In 2016, he was re-elected to his tenth term in this seat, defeating Democratic challenger Erick Allen by 7 points. He was succeeded by Allen after not running for re-election in 2018, and left office in January 2019.

== Biography ==
Golick received a degree in political science from Emory University and a law degree from Georgia State University. Golick is a member of several civic groups in his hometown of Smyrna, Georgia. He is married to Maria Golick, a State Court Judge in Cobb County, with whom he has two sons, Marshall and Davis.

== As state representative ==

Golick was elected to the Georgia House of Representatives in 1998. Golick served as Senior Administration Floor Leader under governor Sonny Perdue. Golick is a member of the Appropriations, Insurance, and Judiciary committees and serves as Chairman of the Judiciary Non-Civil committee.

During the 2005-2006 legislative session, Golick co-sponsored several important pieces of legislation, including potential amendments to the state constitution. H.R. 1045, which would have tightened restrictions on the uses of money used to fund the HOPE scholarship program, was defeated, while H.R. 1306, which would place new restrictions on the government's ability to use eminent domain, passed for and will be included on the November ballot for approval by Georgia voters.

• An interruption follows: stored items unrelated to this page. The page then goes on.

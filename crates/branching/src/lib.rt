// A largest clique of a picture, by a search that branches only on what classes of places that are not joined leave.
#![tactic(auto)]

ghost use Rattle.finite.specs.Masks.{bit};
ghost use Rattle.finite.specs.Supports.{Within};
ghost use Rattle.searching.specs.Answers.{Answers};
ghost use Rattle.searching.specs.Cuts.{Class, Cut};

use bounds::Bound;
use cliques::{Branching, may_pass, search};
use masks::{lowest, minus, without};
use pictures::Picture;

// A largest clique inside `mask`, if it has more than `size` members. Places beyond the picture's count are passed over.
pub fn largest<B: Bound>(bound: &B, p: &Picture, mask: u64, size: usize) -> Option<u64>
    ensures { Answers p.now mask size result }
{
    search(&ByClasses { bound }, p, mask, size)
}

// The places that classes leave, found once for each mask.
#[derive(Drop)]
struct ByClasses<'a, B> {
    bound: &'a B,
}

impl<'a, B: Bound> Branching for ByClasses<'a, B> {
    fn first(&self, p: &Picture, m: u64, room: usize) -> u64 {
        to_branch(self.bound, p, m, room)
    }

    fn again(&self, _: &Picture, _: u64, left: u64, _: usize) -> u64 {
        left
    }
}

// The places of `m` to branch on: without them no clique inside it passes `room`. There are none where the bound says so.
// The bound, which may cost more, is asked only where classes do not settle it.
fn to_branch<B: Bound>(bound: &B, p: &Picture, m: u64, room: usize) -> u64
    ensures within { Within (bit result) (bit m) }
    ensures cut { Cut p.now m result room }
{
    let left = uncovered(p, m, room);
    if left == 0 {
        return left;
    }
    if may_pass(bound, p, m, room) { left } else { 0 }
}

// What is left of `m` when `room` classes, of which none has two neighbours, are taken from it.
fn uncovered(p: &Picture, m: u64, room: usize) -> u64
    ensures within { Within (bit result) (bit m) }
    ensures cut { Cut p.now m result room }
{
    let mut left = m;
    for _ in 0..room {
        if left == 0 {
            return 0;
        }
        left = but_a_class(p, left);
    }
    left
}

// `m` but for a class of places that are not joined: from the lowest on, each that has no neighbour in the class.
fn but_a_class(p: &Picture, m: u64) -> u64
    ensures within { Within (bit result) (bit m) }
    ensures apart { Class p.now m result }
{
    let mut left = m;
    let mut free = m;
    // By hand: a turn takes more from what is free than the member that it is for.
    while free != 0 {
        let v = lowest(free);
        left = without(left, v);
        free = minus(without(free, v), p.row(v));
    }
    left
}
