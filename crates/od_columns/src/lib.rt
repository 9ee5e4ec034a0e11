//! What rules ask of a sentence: resolved once over the texts of a table, and then a table of truths
//! for each sentence of numbers.
#![tactic(auto)]

mod asks;
mod expressions;
mod resolved;
mod tables;

pub use asks::{Asking, asked_of, push_path, push_surface};
pub use expressions::expressions_asked;
pub use resolved::{ResolvedRule, resolve_rule};
pub use tables::columns_on;
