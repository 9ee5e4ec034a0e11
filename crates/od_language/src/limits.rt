//! The limits of the pattern language. The definitions cite them.

/// How many brackets may be open at a place.
pub const OPEN_BRACKETS: usize = 100;

/// How many bytes a regular expression may have, after its escaped slashes were replaced.
pub const EXPRESSION_BYTES: usize = 200;

/// How many bytes an identifier may have.
pub const IDENTIFIER_BYTES: usize = 64;

/// The greatest number that a range of turns may name.
pub const GREATEST_NUMBER: u32 = 1_000;

/// How large a pattern may be.
pub const PATTERN_SIZE: usize = 10_000;
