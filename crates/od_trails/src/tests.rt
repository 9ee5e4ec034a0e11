//! Three first choices; behind the choice 0 those of 1 and 2 may follow, behind 1 none, and
//! behind 2 that of 0.
use crate::trails::Trails;
use od_text::list::List;
use od_text::text::NoMemory;
use std::alloc::Global;
use std::test::Fail;

fn targets(alloc: Global) -> Result<List<List<u32>>, NoMemory> {
    let mut behind_first = List::new(alloc);
    behind_first.push(1)?;
    behind_first.push(2)?;
    let mut behind_third = List::new(alloc);
    behind_third.push(0)?;
    let mut targets = List::new(alloc);
    targets.push(behind_first)?;
    targets.push(List::new(alloc))?;
    targets.push(behind_third)?;
    Ok(targets)
}

#[test]
fn rows_go_on_with_what_may_follow(rt: HostRuntime) -> Result<(), Fail> {
    let alloc = rt.alloc();
    let targets = targets(alloc)?;
    let mut rows = Trails::new(alloc);
    rows.branch_below(alloc, 3)?;
    rows.branch(alloc, targets.get())?;
    rows.branch(alloc, targets.get())?;
    let expected = [[0, 2, 0], [2, 0, 1], [2, 0, 2]];
    assert_eq!(rt; rows.len(), expected.len());
    for (i, row) in expected.iter().enumerate() {
        if i < rows.len() {
            let found = rows.row(alloc, i)?;
            assert_eq!(rt; found.as_slice(), row.as_slice(), "row {i}");
        }
    }
    Ok(())
}
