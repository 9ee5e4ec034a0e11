//! What a rule asks, in the order of its text.
ghost use Rattle.std.specs.Prelude.{◌≡◌, ◌++◌, ◌∷◌, [], IfOk, OnOk};
ghost use Rattle.std.specs.List.{flat_map};
ghost use Rattle.od_asked.specs.Asked.{asked_argument, asked_body, asked_label, asked_part, asked_path, asked_rule, asked_surface};
ghost use Rattle.od_columns.specs.Lent.{all_lent, lent};

use od_pattern::path::Path;
use od_pattern::pattern::{Constraint, Surface, Value};
use od_pattern::rule::{Argument, Body, EventRule, Hop, HopPart, Rule};
use od_text::text::NoMemory;
use std::alloc::Global;

/// One thing that a rule asks.
#[derive(Clone, Copy, Drop)]
pub enum Asking<'a> {
    /// Whether the constraint holds, at each token.
    AtTokens(&'a Constraint),
    /// Whether the label fits the value, at each edge.
    AtEdges(&'a Value),
}

/// One thing more.
fn push<'a>(next: Asking<'a>, asked: &mut Vec<Asking<'a>>) -> Result<(), NoMemory>
    ensures { OnOk result (all_lent asked.new.items ≡ all_lent asked.old.items ++ lent next.entry ∷ []) }
{
    asked.push(next)?;
    Ok(())
}

/// What a surface pattern asks.
#[cycle(surface)]
#[tactic(auto, using(od_asked::proofs::Built::asked_seq, od_asked::proofs::Built::asked_alt, od_asked::proofs::Built::asked_repeat, od_asked::proofs::Built::asked_capture), unfolding(od_asked::specs::Asked::asked_surface))]
pub fn push_surface<'a>(surface: &'a Surface, asked: &mut Vec<Asking<'a>>) -> Result<(), NoMemory>
    ensures { OnOk result
        (all_lent asked.new.items ≡ all_lent asked.old.items ++ asked_surface surface.now) }
{
    match surface {
        Surface::Token(constraint) | Surface::Look { constraint, .. } => {
            push(Asking::AtTokens(constraint), asked)
        }
        Surface::Label(_) | Surface::First | Surface::Last => Ok(()),
        Surface::Seq(parts) | Surface::Alt(parts) => push_surfaces(parts.get(), asked),
        Surface::Repeat(body, _) => {
            push_surface(body.get(), asked)?;
            Ok(())
        }
        Surface::Capture(_, body) => {
            push_surface(body.get(), asked)?;
            Ok(())
        }
    }
}

/// What surface patterns ask, one after another.
#[cycle(surface)]
#[tactic(auto, using(crate::proofs::Parts::taken_more))]
fn push_surfaces<'a>(parts: &'a [Surface], asked: &mut Vec<Asking<'a>>) -> Result<(), NoMemory>
    ensures { OnOk result
        (all_lent asked.new.items ≡ all_lent asked.old.items ++ flat_map asked_surface parts.now) }
{
    for part in parts {
        push_surface(part, asked)?;
    }
    Ok(())
}

/// What a step asks of labels: nothing where any will do.
fn push_label<'a>(value: &'a Option<Value>, asked: &mut Vec<Asking<'a>>) -> Result<(), NoMemory>
    ensures { OnOk result
        (all_lent asked.new.items ≡ all_lent asked.old.items ++ asked_label value.now) }
{
    match value {
        Some(value) => push(Asking::AtEdges(value), asked),
        None => Ok(()),
    }
}

/// What a path asks.
#[cycle(path)]
#[tactic(auto, using(od_asked::proofs::Built::asked_path_seq, od_asked::proofs::Built::asked_path_alt, od_asked::proofs::Built::asked_path_repeat), unfolding(od_asked::specs::Asked::asked_path))]
pub fn push_path<'a>(path: &'a Path, asked: &mut Vec<Asking<'a>>) -> Result<(), NoMemory>
    ensures { OnOk result
        (all_lent asked.new.items ≡ all_lent asked.old.items ++ asked_path path.now) }
{
    match path {
        Path::Along(value) | Path::Against(value) => push_label(value, asked),
        Path::Filter(constraint) => push(Asking::AtTokens(constraint), asked),
        Path::Seq(parts) | Path::Alt(parts) => push_paths(parts.get(), asked),
        Path::Repeat(body, _, _) => {
            push_path(body.get(), asked)?;
            Ok(())
        }
    }
}

/// What paths ask, one after another.
#[cycle(path)]
#[tactic(auto, using(crate::proofs::Parts::taken_more))]
fn push_paths<'a>(parts: &'a [Path], asked: &mut Vec<Asking<'a>>) -> Result<(), NoMemory>
    ensures { OnOk result
        (all_lent asked.new.items ≡ all_lent asked.old.items ++ flat_map asked_path parts.now) }
{
    for part in parts {
        push_path(part, asked)?;
    }
    Ok(())
}

/// What the further parts of a hop ask, each its path and then its surface.
#[tactic(auto, using(crate::proofs::Parts::taken_more))]
fn push_parts<'a>(parts: &'a [HopPart], asked: &mut Vec<Asking<'a>>) -> Result<(), NoMemory>
    ensures { OnOk result
        (all_lent asked.new.items ≡ all_lent asked.old.items ++ flat_map asked_part parts.now) }
{
    for part in parts {
        push_path(&part.path, asked)?;
        push_surface(&part.surface, asked)?;
    }
    Ok(())
}

/// What arguments ask.
#[tactic(auto, using(crate::proofs::Parts::taken_more))]
fn push_arguments<'a>(
    arguments: &'a [Argument],
    asked: &mut Vec<Asking<'a>>,
) -> Result<(), NoMemory>
    ensures { OnOk result (all_lent asked.new.items
        ≡ all_lent asked.old.items ++ flat_map asked_argument arguments.now) }
{
    for argument in arguments {
        push_path(&argument.path, asked)?;
    }
    Ok(())
}

/// What a rule asks, in the order of its text: one entry for each constraint, and for each value of
/// a step's label. It copies none of them.
///
/// # Errors
///
/// `NoMemory` where memory is refused.
pub fn asked_of<'a>(alloc: Global, rule: &'a Rule) -> Result<Vec<Asking<'a>>, NoMemory>
    ensures { IfOk result (λ asked. all_lent asked.items ≡ asked_rule rule.now) }
{
    let mut asked = Vec::new(alloc);
    match &rule.body {
        Body::Basic(Hop { first, rest }) => {
            push_surface(first, &mut asked)?;
            push_parts(rest.get(), &mut asked)?;
        }
        Body::Event(EventRule { trigger, arguments }) => {
            push_surface(trigger, &mut asked)?;
            push_arguments(arguments.get(), &mut asked)?;
        }
    }
    Ok(asked)
}
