//! What a rule asks against the texts of a table.
ghost use Rattle.std.specs.Prelude.{◌≡◌, ◌++◌, ◌∷◌, [], ℕ, List, map, IfOk, OnOk};
ghost use Rattle.od_asked.specs.Asked.{asked_rule};
ghost use Rattle.od_asked.specs.Expressions.{expressions_at, expressions_of};
ghost use Rattle.od_columns.specs.Lent.{all_lent, lent};
ghost use Rattle.od_text.specs.Lists.{Each};
ghost use Rattle.od_columns.specs.Resolved.{asked_in, table_of};
ghost use Rattle.od_constraint.specs.Runners.{patterns_of, AreOwn, HaveAll};

use crate::asks::{Asking, asked_of};
use od_constraint::{Resolved, ResolvedLabel, Runners, resolve, resolve_label};
use od_io::Runner;
use od_pattern::rule::Rule;
use od_postings::TermTable;
use od_text::text::NoMemory;
use std::alloc::Global;
use std::marker::Model;
use std::snapshot::Snapshot;

/// One thing that a rule asks, against the texts of a table.
#[derive(Drop)]
pub enum ResolvedThing {
    /// Of the tokens.
    AtTokens(Resolved),
    /// Of the labels of the edges.
    AtEdges(ResolvedLabel),
}

/// What a rule asks, in the order of its text, against the texts of a table. Contracts see what is
/// asked and the table.
#[derive(Drop)]
pub struct ResolvedRule {
    pub(crate) things: Vec<ResolvedThing>,
    table: Snapshot<TermTable>,
}

impl Model for ResolvedRule {
    ghost use Rattle.std.specs.Prelude.{◌≡◌, map};
    ghost use Rattle.std.specs.Coded.{codes};
    ghost use Rattle.od_pattern.specs.contracts.pattern.Constraint as constraint;
    ghost use Rattle.od_text.specs.Lists.{Each};
    ghost use Rattle.od_columns.specs.Resolved.{AskingAll, asked_in, table_of};

    ghost Value = { AskingAll };

    ghost coded = { Prim.hlevel (codes, constraint.the_row.coded) };

    ghost view = { λ r. record { asked = map asked_in r.things.items; table = r.table.value } };

    ghost invariant = { λ r. Each (λ thing. table_of thing ≡ r.table.value) r.things.items };
}

/// One thing against the texts of a table.
fn resolve_thing<R: Runner>(
    alloc: Global,
    asking: Asking,
    table: &TermTable,
    runners: &mut Runners<R>,
) -> Result<ResolvedThing, NoMemory>
    requires own { AreOwn R.pattern runners.old }
    requires has { HaveAll runners.old (expressions_at (lent asking)) }
    ensures asked { IfOk result (λ thing. asked_in thing ≡ lent asking.entry) }
    ensures table { IfOk result (λ thing. table_of thing ≡ table.now) }
    ensures own { AreOwn R.pattern runners.new }
    ensures patterns { patterns_of runners.new ≡ patterns_of runners.old }
{
    match asking {
        Asking::AtTokens(constraint) => {
            let resolved = resolve(alloc, constraint, table, runners)?;
            Ok(ResolvedThing::AtTokens(resolved))
        }
        Asking::AtEdges(value) => {
            let label = resolve_label(alloc, value, table, runners)?;
            Ok(ResolvedThing::AtEdges(label))
        }
    }
}

/// All things against the texts of a table.
fn resolve_all<R: Runner>(
    alloc: Global,
    asked: &[Asking],
    table: &TermTable,
    runners: &mut Runners<R>,
) -> Result<Vec<ResolvedThing>, NoMemory>
    requires own { AreOwn R.pattern runners.old }
    requires has { HaveAll runners.old (expressions_of (all_lent asked.now)) }
    ensures asked { IfOk result (λ things. map asked_in things.items ≡ all_lent asked.now) }
    ensures table { IfOk result (λ things.
        Each (λ thing. table_of thing ≡ table.now) things.items) }
    ensures own { AreOwn R.pattern runners.new }
    ensures patterns { patterns_of runners.new ≡ patterns_of runners.old }
{
    let mut things = Vec::new(alloc);
    for asking in asked {
        let thing = resolve_thing(alloc, *asking, table, runners)?;
        things.push(thing)?;
    }
    Ok(things)
}

/// What a rule asks against the texts of a table. Each regular expression is run once over the
/// table's texts of each field that it is asked of, for each constraint that has it.
///
/// # Errors
///
/// `NoMemory` where memory is refused.
pub fn resolve_rule<R: Runner>(
    alloc: Global,
    rule: &Rule,
    table: &TermTable,
    runners: &mut Runners<R>,
) -> Result<ResolvedRule, NoMemory>
    requires own { AreOwn R.pattern runners.old }
    requires has { HaveAll runners.old (expressions_of (asked_rule rule.now)) }
    ensures asked { IfOk result (λ resolved. resolved.asked ≡ asked_rule rule.now) }
    ensures table { IfOk result (λ resolved. resolved.table ≡ table.now) }
    ensures own { AreOwn R.pattern runners.new }
    ensures patterns { patterns_of runners.new ≡ patterns_of runners.old }
{
    let asked = asked_of(alloc, rule)?;
    let things = resolve_all(alloc, &asked, table, runners)?;
    Ok(ResolvedRule {
        things,
        table: Snapshot::of(table),
    })
}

In March 2017, a bill in the Georgia House drew criticism because it would increase the number of white voters in District 40 by about 5,000, while decreasing the number of black voters there by about 2,000. Golick, who has held the seat from this district since 1999, voted in favor of the bill. Golick's unsuccessful 2016 challenger, Erick Allen, called the bill a "blatant effort" by Republicans to keep Democrats from defeating them in the district.